*** Opening of Dataset content ***

//! What writes the bytes of a snapshot.

ghost use Rattle.std.specs.Prelude.{◌≡◌, ◌<◌, ◌^◌, true};
ghost use Rattle.std.specs.List.{list_all};
ghost use Rattle.iop_base.specs.Numbers.{bytes_of};
ghost use Rattle.iop_snapshot.specs.Items.{is_width, fits_item, spell_item};
ghost use Rattle.iop_snapshot.specs.Writing.{place_of, Writes};

use byteorder::{ByteOrder, LittleEndian};
use iop_base::WriteFault;
use iop_ports::{Sink, send};

/// Writes numbers and bytes to a sink, one behind the other. It takes no memory.
#[derive(Drop)]
pub struct Encoder<'a, S: Sink> {
    sink: &'a mut S,
}

impl<'a, S: Sink> Encoder<'a, S> {
    /// An encoder that writes behind what this sink has taken.
    pub fn new(sink: &'a mut S) -> Self
        ensures told { (place_of S.told result).told ≡ S.told sink.old }
        ensures same_sink { (place_of S.told result).name ≡ sink.entry.ghost_name }
    {
        Encoder { sink }
    }

    /// Writes an item: as many numbers as widths, each of 1, 2, 4 or 8 bytes, the lowest first.
    ///
    /// It fails exactly where a write of the sink fails, which has then taken a front of the bytes.
    pub fn item(&mut self, widths: &[u8], values: &[u64]) -> Result<(), WriteFault>
        requires widths { list_all is_width widths.now ≡ true }
        requires fits { fits_item widths.now values.now ≡ true }
        ensures { Writes result (spell_item widths.now values.now) (place_of S.told self.old)
            (place_of S.told self.new) }
    {
        for (index, width) in widths.iter().enumerate() {
            self.number(*width, values[index])?;
        }
        Ok(())
    }

    /// Writes bytes. It fails as `item` does.
    pub fn bytes(&mut self, bytes: &[u8]) -> Result<(), WriteFault>
        ensures { Writes result bytes.now (place_of S.told self.old) (place_of S.told self.new) }
    {
        if send(self.sink, bytes) {
            Ok(())
        } else {
            Err(WriteFault)
        }
    }

    /// Writes a number in so many bytes, the lowest first.
    fn number(&mut self, width: u8, value: u64) -> Result<(), WriteFault>
        requires width { is_width width ≡ true }
        requires fits { value < 256 ^ width }
        ensures { Writes result (bytes_of width value) (place_of S.told self.old)
            (place_of S.told self.new) }
    {
        let width = usize::from(width);
        let mut bytes = [0; 8];
        LittleEndian::write_uint(&mut bytes, value, width);
        self.bytes(&bytes[..width])
    }
}
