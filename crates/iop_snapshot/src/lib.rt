//! The bytes of a snapshot: what writes them, what reads them, and how values are spelled in them.
#![tactic(auto)]

mod decoder;
mod encoder;
mod fault;
mod flag;
pub mod laws;
mod restore;
mod save;
pub mod widths;

pub use decoder::Decoder;
pub use encoder::Encoder;
pub use fault::SnapFault;
pub use flag::flag_of;
pub use restore::{RestoreItems, restore_items, restore_list};
pub use save::{SaveItems, save_items, save_list};
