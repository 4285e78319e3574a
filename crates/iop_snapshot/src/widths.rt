//! The widths of the items of a snapshot, in bytes, by what each item tells. This project's own
//! profile.
//!
//! A truth value is 0 or 1. Addresses, sizes and ids are of 4 bytes, moments and the numbers of
//! alarms and delays of 8.

/// How many items follow, of a list.
pub const COUNT: [u8; 1] = [4];

/// The head of the file: the eight letters `IOPSNAP1`, and how many MiB RAM has.
pub const HEAD: [u8; 9] = [1, 1, 1, 1, 1, 1, 1, 1, 4];

/// The kernel: the moment, whether interrupts are on, whether dispatch is enabled, the id of the
/// thread that runs, or 0, whether a handler is active (0 none, 1 of a line, 2 of an alarm), and
/// the number of its line or alarm, or 0.
pub const KERNEL: [u8; 6] = [8, 1, 1, 4, 1, 8];

/// A processor: registers 0 to 31, HI, LO, the place of the instruction, that of the next one,
/// whether it stands in a delay slot, the register that a load has still to bring, or 0, and the
/// value that it brings, or 0.
pub const CPU: [u8; 39] = [
    4, 4, 4, 4, 4, 4, 4, 4, 4, 4, 4, 4, 4, 4, 4, 4, 4, 4, 4, 4, 4, 4, 4, 4, 4, 4, 4, 4, 4, 4, 4, 4,
    4, 4, 4, 4, 1, 1, 4,
];

/// A thread: its id, attributes, option, entry, stack, size of the stack, gp, first priority,
/// priority, state, what it waits for, or 0, the id of that, or 0, and how many wakeups it has.
pub const THREAD: [u8; 13] = [4, 4, 4, 4, 4, 4, 4, 4, 4, 4, 4, 4, 4];

/// The id of a thread that is ready, or that waits where nothing more is to tell of the wait.
pub const THREAD_ID: [u8; 1] = [4];

/// A semaphore: its id, attributes, option, first count, highest count, and count.
pub const SEMAPHORE: [u8; 6] = [4, 4, 4, 4, 4, 4];

/// An event flag: its id, attributes, option, first bits, and bits.
pub const EVENT_FLAG: [u8; 5] = [4, 4, 4, 4, 4];

/// A thread that waits for an event flag: its id, the bits, the mode, and where the bits go, or 0.
pub const EVENT_FLAG_WAITER: [u8; 4] = [4, 4, 4, 4];

/// A mailbox: its id, attributes, and option.
pub const MAILBOX: [u8; 3] = [4, 4, 4];

/// A thread that waits for a mailbox: its id, and where the message goes.
pub const MAILBOX_WAITER: [u8; 2] = [4, 4];

/// A message in a mailbox: its address, and its priority.
pub const MESSAGE: [u8; 2] = [4, 1];

/// A variable pool: its id, attributes, option, base, and size.
pub const VARIABLE_POOL: [u8; 5] = [4, 4, 4, 4, 4];

/// A range that is out of a variable pool: its start, and its size.
pub const POOL_RANGE: [u8; 2] = [4, 4];

/// A thread that waits for a variable pool: its id, and the size that it asks for.
pub const VARIABLE_POOL_WAITER: [u8; 2] = [4, 4];

/// A fixed pool: its id, attributes, option, base, size of a block, and how many blocks it has.
pub const FIXED_POOL: [u8; 6] = [4, 4, 4, 4, 4, 4];

/// A block that is out of a fixed pool: its address.
pub const POOL_BLOCK: [u8; 1] = [4];

/// An alarm: its number, its moment, its handler, the handler's argument, and gp.
pub const ALARM: [u8; 5] = [8, 8, 4, 4, 4];

/// A delay: its number, its moment, and the id of the thread.
pub const DELAY: [u8; 3] = [8, 8, 4];

/// An interrupt line: whether it is raised, whether it is enabled, whether it has a handler, and
/// the handler, its argument and gp, which are 0 where it has none.
pub const LINE: [u8; 6] = [1, 1, 1, 4, 4, 4];

/// What is given out next: the ids of threads, semaphores, event flags, mailboxes, variable pools
/// and fixed pools, and the number of an alarm or a delay.
pub const NEXT: [u8; 7] = [4, 4, 4, 4, 4, 4, 8];

/// A range of memory that is used: its start, and its size.
pub const USED_RANGE: [u8; 2] = [4, 4];

/// A library: the eight bytes of its name, its major version, and its table.
pub const LIBRARY: [u8; 10] = [1, 1, 1, 1, 1, 1, 1, 1, 1, 4];

/// A live stub: its place, the eight bytes of the library's name, the major version, the index of
/// the function, and where the stub goes.
pub const STUB: [u8; 12] = [4, 1, 1, 1, 1, 1, 1, 1, 1, 1, 2, 4];

/// Whether a module is there.
pub const MODULE_PRESENT: [u8; 1] = [1];

/// The module that is there: its number, base, and length.
pub const MODULE: [u8; 3] = [4, 4, 4];

/// The number of the module that is loaded next.
pub const NEXT_MODULE: [u8; 1] = [4];

/// An event of the script that is still to come: its tick, the line, and whether the line rises.
pub const SCRIPT_EVENT: [u8; 3] = [8, 1, 1];

/// The number of the module that words of the script are for.
pub const ARGUMENTS_MODULE: [u8; 1] = [4];
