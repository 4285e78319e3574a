ghost use Rattle.std.specs.Prelude.{◌≡◌};
ghost use Rattle.iop_snapshot.specs.declared.fault.SnapFault.TheVariants.{Memory};

use std::alloc::AllocError;

/// Why nothing was restored.
#[derive(Clone, Copy, Debug, PartialEq, Eq)]
pub enum SnapFault {
    /// The bytes are no snapshot.
    Bad,
    /// The host has too little memory.
    Memory,
}

impl From<AllocError> for SnapFault {
    ghost from_gives = { λ _ fault. fault ≡ Memory };

    fn from(_error: AllocError) -> SnapFault {
        SnapFault::Memory
    }
}
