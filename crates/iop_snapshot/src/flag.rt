ghost use Rattle.std.specs.Prelude.{◌≡◌};
ghost use Rattle.iop_snapshot.specs.Flags.{flag_of};

/// Sees a number as a truth value. None exactly where it is neither 0 nor 1.
pub fn flag_of(number: u64) -> Option<bool>
    ensures { result ≡ flag_of number }
{
    match number {
        0 => Some(false),
        1 => Some(true),
        _ => None,
    }
}
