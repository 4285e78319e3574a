//! Lists, written one item after the other.

ghost use Rattle.std.specs.Prelude.{◌≡◌, List, ◌∷◌, true, length, OnOk};
ghost use Rattle.std.specs.List.{list_all, flat_map};
ghost use Rattle.iop_snapshot.specs.Forms.{Form, spell_list, fits_list};
ghost use Rattle.iop_snapshot.specs.Writing.{place_of, Writes};

use crate::encoder::Encoder;
use crate::widths::COUNT;
use iop_base::WriteFault;
use iop_ports::Sink;

/// The items of a list of `X` that are still to be written, in order. `X` is what contracts see of
/// an item.
pub trait SaveItems<X> {
    /// These items are still to be written, in this order.
    ghost ahead: { Self → List X → Type 0 };

    /// The form of an item.
    ghost form: { Form X };

    /// Writes the next item, where there is one, and goes on to the one behind it. It has a
    /// spelling.
    fn save_next<S: Sink>(&mut self, encoder: &mut Encoder<'_, S>) -> Result<(), WriteFault>
        ensures written { (x : X) (xs : List X) → ahead self.old (x ∷ xs)
            → Writes result (form.spell x) (place_of S.told encoder.old)
            (place_of S.told encoder.new) }
        ensures next { OnOk result ((x : X) (xs : List X) → ahead self.old (x ∷ xs)
            → ahead self.new xs × (form.fits x ≡ true)) };
}

/// Writes so many items, which are all that are still to be written. Each of them has a spelling.
pub fn save_items<X, I: SaveItems<X>, S: Sink>(
    count: u32,
    items: &mut I,
    encoder: &mut Encoder<'_, S>,
) -> Result<(), WriteFault>
    requires counted { (xs : List X) → I.ahead items.old xs → length xs ≡ count }
    ensures written { (xs : List X) → I.ahead items.old xs
        → Writes result (flat_map I.form.spell xs) (place_of S.told encoder.old)
        (place_of S.told encoder.new) }
    ensures fits { OnOk result ((xs : List X) → I.ahead items.old xs
        → list_all I.form.fits xs ≡ true) }
{
    for _ in 0..count {
        items.save_next(encoder)?;
    }
    Ok(())
}

/// Writes a list: how many items it has, and the items. Each of them has a spelling.
pub fn save_list<X, I: SaveItems<X>, S: Sink>(
    count: u32,
    items: &mut I,
    encoder: &mut Encoder<'_, S>,
) -> Result<(), WriteFault>
    requires counted { (xs : List X) → I.ahead items.old xs → length xs ≡ count }
    ensures written { (xs : List X) → I.ahead items.old xs
        → Writes result (spell_list I.form xs) (place_of S.told encoder.old)
        (place_of S.told encoder.new) }
    ensures fits { OnOk result ((xs : List X) → I.ahead items.old xs
        → fits_list (λ _. I.form) xs ≡ true) }
{
    encoder.item(&COUNT, &[u64::from(count)])?;
    save_items(count, items, encoder)
}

*** Close of Dataset content ***

Your task is to quote, without any alteration, the lines running from the top of the records to the line that holds "pub fn new(sink: &'a mut S) -> Self", both included.

//! What writes the bytes of a snapshot.

ghost use Rattle.std.specs.Prelude.{◌≡◌, ◌<◌, ◌^◌, true};
ghost use Rattle.std.specs.List.{list_all};
ghost use Rattle.iop_base.specs.Numbers.{bytes_of};
ghost use Rattle.iop_snapshot.specs.Items.{is_width, fits_item, spell_item};
ghost use Rattle.iop_snapshot.specs.Writing.{place_of, Writes};

use byteorder::{ByteOrder, LittleEndian};
use iop_base::WriteFault;
use iop_ports::{Sink, send};

/// Writes numbers and bytes to a sink, one behind the other. It takes no memory.
#[derive(Drop)]
pub struct Encoder<'a, S: Sink> {
    sink: &'a mut S,
}

impl<'a, S: Sink> Encoder<'a, S> {
    /// An encoder that writes behind what this sink has taken.
    pub fn new(sink: &'a mut S) -> Self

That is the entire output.